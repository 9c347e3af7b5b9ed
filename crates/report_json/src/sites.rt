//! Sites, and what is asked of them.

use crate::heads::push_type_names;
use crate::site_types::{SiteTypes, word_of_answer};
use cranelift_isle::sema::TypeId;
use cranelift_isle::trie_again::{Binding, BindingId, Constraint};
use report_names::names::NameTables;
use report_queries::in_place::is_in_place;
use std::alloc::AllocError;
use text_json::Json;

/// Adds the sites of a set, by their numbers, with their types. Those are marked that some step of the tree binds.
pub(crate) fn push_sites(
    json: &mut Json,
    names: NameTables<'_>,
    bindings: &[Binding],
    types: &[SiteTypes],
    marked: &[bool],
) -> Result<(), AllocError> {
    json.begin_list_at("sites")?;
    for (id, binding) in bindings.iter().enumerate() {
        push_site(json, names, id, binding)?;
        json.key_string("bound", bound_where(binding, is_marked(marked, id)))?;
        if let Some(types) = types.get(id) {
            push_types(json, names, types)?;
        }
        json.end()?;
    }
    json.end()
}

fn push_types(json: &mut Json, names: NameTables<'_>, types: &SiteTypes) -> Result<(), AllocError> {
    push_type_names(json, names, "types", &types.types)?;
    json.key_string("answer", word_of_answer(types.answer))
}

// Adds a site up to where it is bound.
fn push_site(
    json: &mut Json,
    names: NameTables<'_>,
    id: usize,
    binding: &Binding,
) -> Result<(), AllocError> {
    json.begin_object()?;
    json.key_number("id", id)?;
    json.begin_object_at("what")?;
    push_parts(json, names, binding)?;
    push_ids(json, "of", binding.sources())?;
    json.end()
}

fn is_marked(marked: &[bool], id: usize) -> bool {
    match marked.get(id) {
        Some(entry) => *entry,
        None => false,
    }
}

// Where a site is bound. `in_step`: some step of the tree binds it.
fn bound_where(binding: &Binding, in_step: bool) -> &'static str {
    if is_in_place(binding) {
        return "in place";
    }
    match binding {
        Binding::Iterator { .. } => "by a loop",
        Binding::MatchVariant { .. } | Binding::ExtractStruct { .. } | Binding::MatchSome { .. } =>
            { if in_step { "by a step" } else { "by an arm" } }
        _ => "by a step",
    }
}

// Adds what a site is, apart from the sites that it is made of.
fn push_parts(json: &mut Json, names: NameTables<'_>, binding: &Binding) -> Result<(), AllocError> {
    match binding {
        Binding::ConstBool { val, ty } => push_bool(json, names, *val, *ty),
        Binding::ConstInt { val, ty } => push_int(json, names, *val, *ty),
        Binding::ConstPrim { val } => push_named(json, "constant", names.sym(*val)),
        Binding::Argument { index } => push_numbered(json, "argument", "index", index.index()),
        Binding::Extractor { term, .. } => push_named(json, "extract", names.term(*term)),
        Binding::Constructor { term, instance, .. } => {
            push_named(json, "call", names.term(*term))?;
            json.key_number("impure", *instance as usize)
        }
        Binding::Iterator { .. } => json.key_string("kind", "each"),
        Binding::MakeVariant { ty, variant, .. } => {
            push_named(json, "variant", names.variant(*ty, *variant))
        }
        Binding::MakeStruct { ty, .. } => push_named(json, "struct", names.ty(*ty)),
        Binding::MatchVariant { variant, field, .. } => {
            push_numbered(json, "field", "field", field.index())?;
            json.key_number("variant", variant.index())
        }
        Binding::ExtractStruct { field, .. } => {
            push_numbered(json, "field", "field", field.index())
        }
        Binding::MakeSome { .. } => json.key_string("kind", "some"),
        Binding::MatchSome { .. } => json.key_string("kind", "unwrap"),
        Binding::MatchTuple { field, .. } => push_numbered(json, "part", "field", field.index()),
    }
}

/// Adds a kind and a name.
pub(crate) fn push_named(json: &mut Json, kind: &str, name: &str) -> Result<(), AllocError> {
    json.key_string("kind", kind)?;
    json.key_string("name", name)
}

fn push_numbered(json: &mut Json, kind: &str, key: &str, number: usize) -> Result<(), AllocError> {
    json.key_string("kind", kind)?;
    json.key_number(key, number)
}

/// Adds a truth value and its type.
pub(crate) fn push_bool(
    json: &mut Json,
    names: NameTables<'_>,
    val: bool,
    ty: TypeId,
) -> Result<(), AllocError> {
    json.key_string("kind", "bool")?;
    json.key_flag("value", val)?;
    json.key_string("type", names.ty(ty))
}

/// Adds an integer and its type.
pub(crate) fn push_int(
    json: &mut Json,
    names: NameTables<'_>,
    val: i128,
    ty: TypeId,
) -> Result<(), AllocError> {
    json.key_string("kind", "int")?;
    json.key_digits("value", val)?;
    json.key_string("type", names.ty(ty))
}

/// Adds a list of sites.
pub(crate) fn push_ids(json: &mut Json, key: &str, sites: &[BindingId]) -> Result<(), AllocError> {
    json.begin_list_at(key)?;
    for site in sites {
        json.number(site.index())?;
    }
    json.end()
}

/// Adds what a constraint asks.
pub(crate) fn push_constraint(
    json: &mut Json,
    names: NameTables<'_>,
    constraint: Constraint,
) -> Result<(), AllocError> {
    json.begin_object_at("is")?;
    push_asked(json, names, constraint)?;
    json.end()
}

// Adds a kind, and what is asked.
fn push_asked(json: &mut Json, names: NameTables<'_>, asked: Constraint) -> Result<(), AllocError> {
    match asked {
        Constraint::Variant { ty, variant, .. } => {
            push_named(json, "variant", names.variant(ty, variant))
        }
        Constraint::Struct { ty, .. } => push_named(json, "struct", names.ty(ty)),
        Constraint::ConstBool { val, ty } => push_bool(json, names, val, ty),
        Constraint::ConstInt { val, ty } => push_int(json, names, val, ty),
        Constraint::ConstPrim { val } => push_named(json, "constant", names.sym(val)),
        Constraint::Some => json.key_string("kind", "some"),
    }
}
################
Assigned task>
When a line above contains the string "instance", copy that line.

Exercise answer>
        Binding::Constructor { term, instance, .. } => {
            json.key_number("impure", *instance as usize)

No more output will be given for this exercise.